-- Required work --
Whatever lines the data contains, output all of them unchanged.
··· Dataset extract ···
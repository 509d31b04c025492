//! Words that are nearly right.

use std::alloc::{AllocError, Global};
use strsim::levenshtein;

/// A longer word is nearly none, and the table of its edits would be large.
const LONGEST: usize = 40;

/// Of these words, between commas, the nearest one to which a few edits lead, one for each three of its
/// letters; none where there is no such word.
pub(crate) fn similar<'a>(
    alloc: Global,
    word: &str,
    words: &'a str,
) -> Result<Option<&'a str>, AllocError> {
    let mut found = None;
    let mut fewest = usize::MAX;
    if word.len() > LONGEST {
        return Ok(None);
    }
    for other in words.split(", ") {
        let most = other.len().saturating_add(1) / 3;
        let edits = levenshtein(alloc, word, other)?;
        if word.eq_ignore_ascii_case(other) {
            return Ok(Some(other));
        }
        if edits <= most && edits < fewest {
            fewest = edits;
            found = Some(other);
        }
    }
    Ok(found)
}
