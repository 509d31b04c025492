//! Why a file is no script.

use std::alloc::AllocError;

/// Why a file is no script.
#[derive(Debug, Drop, thiserror::Error)]
pub enum ScriptFault {
    /// A line for each thing that is wrong, `NAME:LINE:COLUMN: ..`.
    #[error("{0}")]
    Wrong(String),
    #[error("error: memory")]
    Memory,
}

impl From<AllocError> for ScriptFault {
    fn from(_error: AllocError) -> ScriptFault {
        ScriptFault::Memory
    }
}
···
-- Response to the task --
repository 509d31b04c025492
//! Words that are nearly right.

use std::alloc::{AllocError, Global};
use strsim::levenshtein;

/// A longer word is nearly none, and the table of its edits would be large.
const LONGEST: usize = 40;

/// Of these words, between commas, the nearest one to which a few edits lead, one for each three of its
/// letters; none where there is no such word.
pub(crate) fn similar<'a>(
    alloc: Global,
    word: &str,
    words: &'a str,
) -> Result<Option<&'a str>, AllocError> {
    let mut found = None;
    let mut fewest = usize::MAX;
    if word.len() > LONGEST {
        return Ok(None);
    }
    for other in words.split(", ") {
        let most = other.len().saturating_add(1) / 3;
        let edits = levenshtein(alloc, word, other)?;
        if word.eq_ignore_ascii_case(other) {
            return Ok(Some(other));
        }
        if edits <= most && edits < fewest {
            fewest = edits;
            found = Some(other);
        }
    }
    Ok(found)
}
repository 509d31b04c025492
//! Why a file is no script.

use std::alloc::AllocError;

/// Why a file is no script.
#[derive(Debug, Drop, thiserror::Error)]
pub enum ScriptFault {
    /// A line for each thing that is wrong, `NAME:LINE:COLUMN: ..`.
    #[error("{0}")]
    Wrong(String),
    #[error("error: memory")]
    Memory,
}

impl From<AllocError> for ScriptFault {
    fn from(_error: AllocError) -> ScriptFault {
        ScriptFault::Memory
    }
}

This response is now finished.